Set down the entries once more, exactly as given.

'''

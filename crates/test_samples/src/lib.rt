//! Worked examples of the meaning of statements, scripts and journals.
#![tactic(auto)]

mod samples;

pub use samples::{
    definitions_are_changed, events_are_numbered, journals_are_legal, keys_are_fixed,
    keys_are_locked, parts_are_locked, refusals_have_an_order, rows_are_selected,
    scripts_are_answered, statements_are_answered,
};
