//! The verdict on an image.

ghost use Rattle.std.specs.Prelude.{◌≡◌, IfOk};
ghost use Rattle.format_image.specs.ImageBytes.{IsImage};
ghost use Rattle.spec_verify.specs.Verdict.{image_verdict};
ghost use Rattle.audit_verify.specs.Verdict.{blocks_tried, tables_tried};

use crate::blocks::{block_fault, chain_fault, digest_fault};
use crate::entries::Entries;
use crate::ids::id_fault;
use crate::indexes::index_fault;
use crate::versions::row_fault;
use audit_roots::{root_fault, shown_tables};
use audit_rules::catalog_fault;
use base_merkle::Hash32;
use base_types::Memory;
use format_image::Image;
use spec_verify::{Invariant, Place, Verdict};
use sql_system::first_tables;
use sql_types::HeldDigest;
use std::alloc::Global;

/// The verdict on an image that has a spelling.
pub fn verify_image<H: Hash32>(
    alloc: Global,
    hasher: H,
    image: &Image,
    digests: &[HeldDigest],
) -> Result<Verdict, Memory>
    requires { IsImage image.now }
    ensures { IfOk result (λ v. v ≡ image_verdict (H.digest hasher) image.now digests.now) }
{
    match verify_blocks(alloc, hasher, image, digests)? {
        Verdict::Yes => verify_tables(alloc, hasher, image),
        no => Ok(no),
    }
}

/// The invariants that speak of digests and blocks: Yes where none of them fails.
fn verify_blocks<H: Hash32>(
    alloc: Global,
    hasher: H,
    image: &Image,
    digests: &[HeldDigest],
) -> Result<Verdict, Memory>
    requires { IsImage image.now }
    ensures { IfOk result (λ v. v ≡ blocks_tried (H.digest hasher) image.now digests.now) }
{
    if let Some(place) = digest_fault(hasher, image, digests) {
        return Ok(Verdict::No(Invariant::V1, place));
    }
    if let Some(place) = chain_fault(hasher, image) {
        return Ok(Verdict::No(Invariant::V2, place));
    }
    if let Some(place) = block_fault(alloc, hasher, image)? {
        return Ok(Verdict::No(Invariant::V3, place));
    }
    Ok(Verdict::Yes)
}

/// The invariants that speak of the rows of tables.
fn verify_tables<H: Hash32>(alloc: Global, hasher: H, image: &Image) -> Result<Verdict, Memory>
    requires { IsImage image.now }
    ensures { IfOk result (λ v. v ≡ tables_tried (H.digest hasher) image.now) }
{
    let system = first_tables(alloc)?;
    let tables = shown_tables(alloc, &system, image)?;
    let entries = Entries::new(alloc, image.entries.as_slice())?;
    if let Some(place) = id_fault(image, &entries, &tables) {
        return Ok(Verdict::No(Invariant::V4, place));
    }
    if let Some(place) = root_fault(alloc, hasher, image, &tables)? {
        return Ok(Verdict::No(Invariant::V5, place));
    }
    if let Some(place) = row_fault(alloc, image, &tables)? {
        return Ok(Verdict::No(Invariant::V6, place));
    }
    if let Some(place) = catalog_fault(alloc, image)? {
        return Ok(Verdict::No(Invariant::V7, place));
    }
    if let Some(place) = index_fault(alloc, image, &tables)? {
        return Ok(Verdict::No(Invariant::V8, place));
    }
    Ok(Verdict::Yes)
}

'''

- Answer box:
filename crates/test_samples/src/lib.rt
//! Worked examples of the meaning of statements, scripts and journals.
#![tactic(auto)]

mod samples;

pub use samples::{
    definitions_are_changed, events_are_numbered, journals_are_legal, keys_are_fixed,
    keys_are_locked, parts_are_locked, refusals_have_an_order, rows_are_selected,
    scripts_are_answered, statements_are_answered,
};
//! The verdict on an image.

ghost use Rattle.std.specs.Prelude.{◌≡◌, IfOk};
ghost use Rattle.format_image.specs.ImageBytes.{IsImage};
ghost use Rattle.spec_verify.specs.Verdict.{image_verdict};
ghost use Rattle.audit_verify.specs.Verdict.{blocks_tried, tables_tried};

use crate::blocks::{block_fault, chain_fault, digest_fault};
use crate::entries::Entries;
use crate::ids::id_fault;
use crate::indexes::index_fault;
use crate::versions::row_fault;
use audit_roots::{root_fault, shown_tables};
use audit_rules::catalog_fault;
use base_merkle::Hash32;
use base_types::Memory;
use format_image::Image;
use spec_verify::{Invariant, Place, Verdict};
use sql_system::first_tables;
use sql_types::HeldDigest;
use std::alloc::Global;

/// The verdict on an image that has a spelling.
pub fn verify_image<H: Hash32>(
    alloc: Global,
    hasher: H,
    image: &Image,
    digests: &[HeldDigest],
) -> Result<Verdict, Memory>
    requires { IsImage image.now }
    ensures { IfOk result (λ v. v ≡ image_verdict (H.digest hasher) image.now digests.now) }
{
    match verify_blocks(alloc, hasher, image, digests)? {
        Verdict::Yes => verify_tables(alloc, hasher, image),
        no => Ok(no),
    }
}

/// The invariants that speak of digests and blocks: Yes where none of them fails.
fn verify_blocks<H: Hash32>(
    alloc: Global,
    hasher: H,
    image: &Image,
    digests: &[HeldDigest],
) -> Result<Verdict, Memory>
    requires { IsImage image.now }
    ensures { IfOk result (λ v. v ≡ blocks_tried (H.digest hasher) image.now digests.now) }
{
    if let Some(place) = digest_fault(hasher, image, digests) {
        return Ok(Verdict::No(Invariant::V1, place));
    }
    if let Some(place) = chain_fault(hasher, image) {
        return Ok(Verdict::No(Invariant::V2, place));
    }
    if let Some(place) = block_fault(alloc, hasher, image)? {
        return Ok(Verdict::No(Invariant::V3, place));
    }
    Ok(Verdict::Yes)
}

/// The invariants that speak of the rows of tables.
fn verify_tables<H: Hash32>(alloc: Global, hasher: H, image: &Image) -> Result<Verdict, Memory>
    requires { IsImage image.now }
    ensures { IfOk result (λ v. v ≡ tables_tried (H.digest hasher) image.now) }
{
    let system = first_tables(alloc)?;
    let tables = shown_tables(alloc, &system, image)?;
    let entries = Entries::new(alloc, image.entries.as_slice())?;
    if let Some(place) = id_fault(image, &entries, &tables) {
        return Ok(Verdict::No(Invariant::V4, place));
    }
    if let Some(place) = root_fault(alloc, hasher, image, &tables)? {
        return Ok(Verdict::No(Invariant::V5, place));
    }
    if let Some(place) = row_fault(alloc, image, &tables)? {
        return Ok(Verdict::No(Invariant::V6, place));
    }
    if let Some(place) = catalog_fault(alloc, image)? {
        return Ok(Verdict::No(Invariant::V7, place));
    }
    if let Some(place) = index_fault(alloc, image, &tables)? {
        return Ok(Verdict::No(Invariant::V8, place));
    }
    Ok(Verdict::Yes)
}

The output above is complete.